In order to get more helpful results on the effects of adopting bundled payments, the agency suggests using: (1) standardized measures of quality and cost impacts; (2) better measures for quality outcomes; (3) longer time horizons; and (4) measurements of different impacts on various strata of patients.
That said, the data may be useful for plans that are working closely with a local hospital on streamlining care processes in an effort to curb costs and make them more predictable, AHRQ said in its report.
Bundling Has Risks for Plans Too
In spite of their benefits, bundled methods are susceptible to their own forms of misuse that are dangerous and costly to plans. Those may include underuse of effective services within the bundle, AHRQ said, and the avoidance of high-risk patients. Providers may upcode diagnoses in order to use a higher billing code. Component parts of a diagnosis-related group of services may be billed separately, another source of waste.
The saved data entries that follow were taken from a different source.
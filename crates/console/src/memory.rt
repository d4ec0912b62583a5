//! Memory: words, bytes, and the stack.

use crate::asking::Answer;
use crate::console::Console;
use crate::page::{Part, word_at};
use crate::piece::address_text;
use prompt::Unit;
use protocol::{Command, ReadMemoryArguments, Refusal, Text};
use std::alloc::AllocError;

/// How many bytes are shown in a row.
const ROW: u32 = 16;

/// The number of sp.
const STACK_POINTER: u32 = 2;

/// How many words of the stack are shown at most.
const MOST_WORDS: u32 = 16;

/// How much is shown at most.
const MOST_BYTES: u32 = 65_536;

impl Console {
    /// Shows this much memory from the value of an expression on.
    pub(crate) fn examine(
        &mut self,
        unit: Unit,
        text: &str,
        count: Option<u32>,
    ) -> Result<(), AllocError> {
        let Some(address) = self.value_of(text)? else {
            return Ok(());
        };
        let bytes = match unit {
            Unit::Words => count.unwrap_or(4).saturating_mul(4),
            Unit::Bytes => count.unwrap_or(16),
        };
        if bytes > MOST_BYTES {
            return self.refuse("at most 65,536 bytes at once");
        }
        if self.read_memory(address, bytes)? {
            self.show_rows(unit, address, bytes)?;
        }
        Ok(())
    }

    /// Asks for memory. Whether it was read is told; if not, why is said.
    pub(crate) fn read_memory(&mut self, address: u32, count: u32) -> Result<bool, AllocError> {
        let answer = self.ask_memory(address, count)?;
        self.is_done_at(address, answer)
    }

    /// Asks for memory.
    pub(crate) fn ask_memory(&mut self, address: u32, count: u32) -> Result<Answer, AllocError> {
        let memory_reference = Text::from_string(address_text(self.alloc, address)?);
        self.ask(Command::ReadMemory(ReadMemoryArguments {
            memory_reference,
            offset: 0,
            count,
        }))
    }

    /// Whether a request about memory at this address was done; if not, why is said.
    pub(crate) fn is_done_at(&mut self, address: u32, answer: Answer) -> Result<bool, AllocError> {
        let Answer::Refused(Refusal::OutsideMemory, _) = answer else {
            return self.is_done(answer);
        };
        let alloc = self.alloc;
        let place = address_text(alloc, address)?;
        let words = format!(in alloc; "{place} is outside memory")?;
        self.refuse(words.as_str())?;
        Ok(false)
    }

    fn show_rows(&mut self, unit: Unit, address: u32, bytes: u32) -> Result<(), AllocError> {
        for row in 0..bytes.div_ceil(ROW) {
            let passed = row.saturating_mul(ROW);
            let count = bytes.saturating_sub(passed).min(ROW);
            match address.checked_add(passed) {
                Some(first) => self.show_row(unit, first, count)?,
                None => break,
            }
        }
        Ok(())
    }

    fn show_row(&mut self, unit: Unit, first: u32, count: u32) -> Result<(), AllocError> {
        let place = address_text(self.alloc, first)?;
        self.say(place.as_str())?;
        self.say(" ")?;
        match unit {
            Unit::Words => self.show_words(first, count)?,
            Unit::Bytes => self.show_bytes(first, count)?,
        }
        self.say("\n")
    }

    fn show_words(&mut self, first: u32, count: u32) -> Result<(), AllocError> {
        for index in 0..count.div_ceil(4) {
            self.say(" ")?;
            self.page
                .put(Part::Word(first.wrapping_add(index.wrapping_mul(4))))?;
        }
        Ok(())
    }

    fn show_bytes(&mut self, first: u32, count: u32) -> Result<(), AllocError> {
        for index in 0..count {
            self.say(" ")?;
            self.page.put(Part::Byte(first.wrapping_add(index)))?;
        }
        self.say("  ")?;
        for index in 0..count {
            let byte = self.link.mirror().byte(first.wrapping_add(index));
            self.say(seen(byte))?;
        }
        Ok(())
    }

    /// Shows the words of the stack, from sp up.
    pub(crate) fn show_stack(&mut self) -> Result<(), AllocError> {
        let Some(sp) = self.link.mirror().register(STACK_POINTER) else {
            return self.refuse("the program does not stand");
        };
        if !self.read_memory(sp, MOST_WORDS.saturating_mul(4))? {
            return Ok(());
        }
        for index in 0..MOST_WORDS {
            let above = index.saturating_mul(4);
            match sp.checked_add(above) {
                Some(address) => self.show_stack_word(above, address)?,
                None => break,
            }
        }
        Ok(())
    }

    // A word of the stack, if memory has it.
    fn show_stack_word(&mut self, above: u32, address: u32) -> Result<(), AllocError> {
        let alloc = self.alloc;
        let Some((first, second, third, fourth)) = word_at(self.link.mirror(), address) else {
            return Ok(());
        };
        let words = format!(in alloc; "sp+{above:<3} ")?;
        self.say(words.as_str())?;
        self.page.put(Part::Word(address))?;
        let value = u32::from_le_bytes([first, second, third, fourth]);
        let words = format!(in alloc; "  {value}")?;
        self.say(words.as_str())?;
        self.say_label(value)?;
        self.say("\n")
    }
}

// A byte as the character that it is in ASCII, if it is one that can be seen.
fn seen(byte: Option<u8>) -> &'static str {
    match byte {
        Some(byte) if byte == b' ' => " ",
        Some(byte) if byte.is_ascii_graphic() => graphic(byte),
        _ => ".",
    }
}

// The characters of ASCII that can be seen, from `!` on.
const GRAPHIC: &str =
    "!\"#$%&'()*+,-./0123456789:;<=>?@ABCDEFGHIJKLMNOPQRSTUVWXYZ[\\]^_`abcdefghijklmnopqrstuvwxyz{|}~";

fn graphic(byte: u8) -> &'static str {
    let index = usize::from(byte.saturating_sub(b'!'));
    match GRAPHIC.get(index..index.saturating_add(1)) {
        Some(text) => text,
        None => ".",
    }
}
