//! Requests, and what they are answered.

use crate::console::Console;
use crate::piece::Tone;
use protocol::{Command, Refusal, Request, Text};
use replies::{Category, Event, Message, Outcome, Output, Response, ResponseBody};
use std::alloc::AllocError;

/// What a request was answered.
#[derive(Drop)]
pub(crate) enum Answer {
    /// It succeeded, with this body.
    Done(ResponseBody),
    /// It was refused; the refusal may have a text of its own.
    Refused(Refusal, Option<Text>),
    /// The session takes no more requests.
    Unsent,
}

impl Console {
    /// Asks the session. It fails where no memory is left.
    pub(crate) fn ask(&mut self, command: Command) -> Result<Answer, AllocError> {
        self.ask_with(command, None)
    }

    /// The same, with the file that the answer may want.
    pub(crate) fn ask_with(
        &mut self,
        command: Command,
        file: Option<&[u8]>,
    ) -> Result<Answer, AllocError> {
        let request = Request {
            seq: self.link.last().saturating_add(1),
            command,
        };
        let was_sent = self.link.send(&request);
        drop(request);
        if !was_sent? {
            return Ok(Answer::Unsent);
        }
        self.link.turn(file)?;
        self.hear()
    }

    /// Takes what the session says: events are noted, and what the last response was is told.
    pub(crate) fn hear(&mut self) -> Result<Answer, AllocError> {
        let mut answer = Answer::Unsent;
        for message in self.link.take()? {
            match message {
                Message::Response(response) => answer = answer_of(response),
                Message::Event(event) => self.note(event)?,
            }
        }
        Ok(answer)
    }

    fn note(&mut self, event: Event) -> Result<(), AllocError> {
        match event {
            Event::Output(output) => self.print(output),
            Event::Stopped(stopped) => {
                self.stop = Some(stopped);
                Ok(())
            }
            Event::Terminated => {
                self.has_ended = true;
                Ok(())
            }
            Event::Initialized | Event::Continued | Event::Exited(_) => Ok(()),
        }
    }

    fn print(&mut self, output: Output) -> Result<(), AllocError> {
        let tone = match output.category {
            Category::Console => Tone::Plain,
            Category::Stdout => Tone::Program,
        };
        self.page.say(tone, output.output.as_str())
    }

    /// Does what a request asks for that is answered without a body; otherwise it says why not. Whether it was done is told.
    pub(crate) fn does(&mut self, command: Command) -> Result<bool, AllocError> {
        let answer = self.ask(command)?;
        self.is_done(answer)
    }

    /// Whether a request was done; if not, why is said.
    pub(crate) fn is_done(&mut self, answer: Answer) -> Result<bool, AllocError> {
        match answer {
            Answer::Done(_) => Ok(true),
            Answer::Refused(refusal, text) => {
                self.refuse_for(refusal, text)?;
                Ok(false)
            }
            Answer::Unsent => {
                self.refuse("the session takes no more requests: begin anew by run")?;
                Ok(false)
            }
        }
    }

    // Says why a request was refused.
    fn refuse_for(&mut self, refusal: Refusal, text: Option<Text>) -> Result<(), AllocError> {
        match text {
            Some(text) => self.refuse(text.as_str()),
            None => self.refuse(words_of(refusal)),
        }
    }

    /// Says why a line is refused.
    pub(crate) fn refuse(&mut self, words: &str) -> Result<(), AllocError> {
        self.was_refused = true;
        self.page.say(Tone::Refusal, words)?;
        self.page.say(Tone::Plain, "\n")
    }

    /// Says a line.
    pub(crate) fn say(&mut self, words: &str) -> Result<(), AllocError> {
        self.page.say(Tone::Plain, words)
    }
}

fn answer_of(response: Response) -> Answer {
    let Response { outcome, .. } = response;
    match outcome {
        Outcome::Done(body) => Answer::Done(body),
        Outcome::Refused(refusal, text) => Answer::Refused(refusal, text),
    }
}

/// What a refusal means to somebody who typed a line.
pub(crate) fn words_of(refusal: Refusal) -> &'static str {
    match refusal {
        Refusal::WrongPhase | Refusal::NoMachine => "there is no program",
        Refusal::Ended => "the program has ended: run begins anew",
        Refusal::NotStopped => "the program runs: Enter stops it",
        Refusal::NoHistory => "nothing before this is recorded",
        Refusal::BadMemoryReference => "no address",
        Refusal::TooMuch => "too much at once: 1,024 breakpoints, 65,536 bytes, 4,096 instructions",
        Refusal::OutsideMemory => "outside memory",
        Refusal::UnknownName => "no such register",
        Refusal::NotWritable => "zero and pc cannot be set",
        Refusal::BadExpression => "no expression",
        Refusal::BadValue => "no value",
        other => other.name(),
    }
}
The takeaway for plans and payers is: when implementing a bundled payment system, it is important to see to it that such systems do not result in a decrease in quality of care or provider shifting of utilization to other settings of care.
AHRQ compiled results from 58 studies, most of which showed costs going down less than 10 percent after an institution moved to bundled payment systems. AHRQ looked at data from public payers that have long adopted such systems for hospitals and nursing homes. It included data on system adoption in facilities in Europe and Asia as well. AHRQ is an agency within the U.S. Department of Health and Human Services.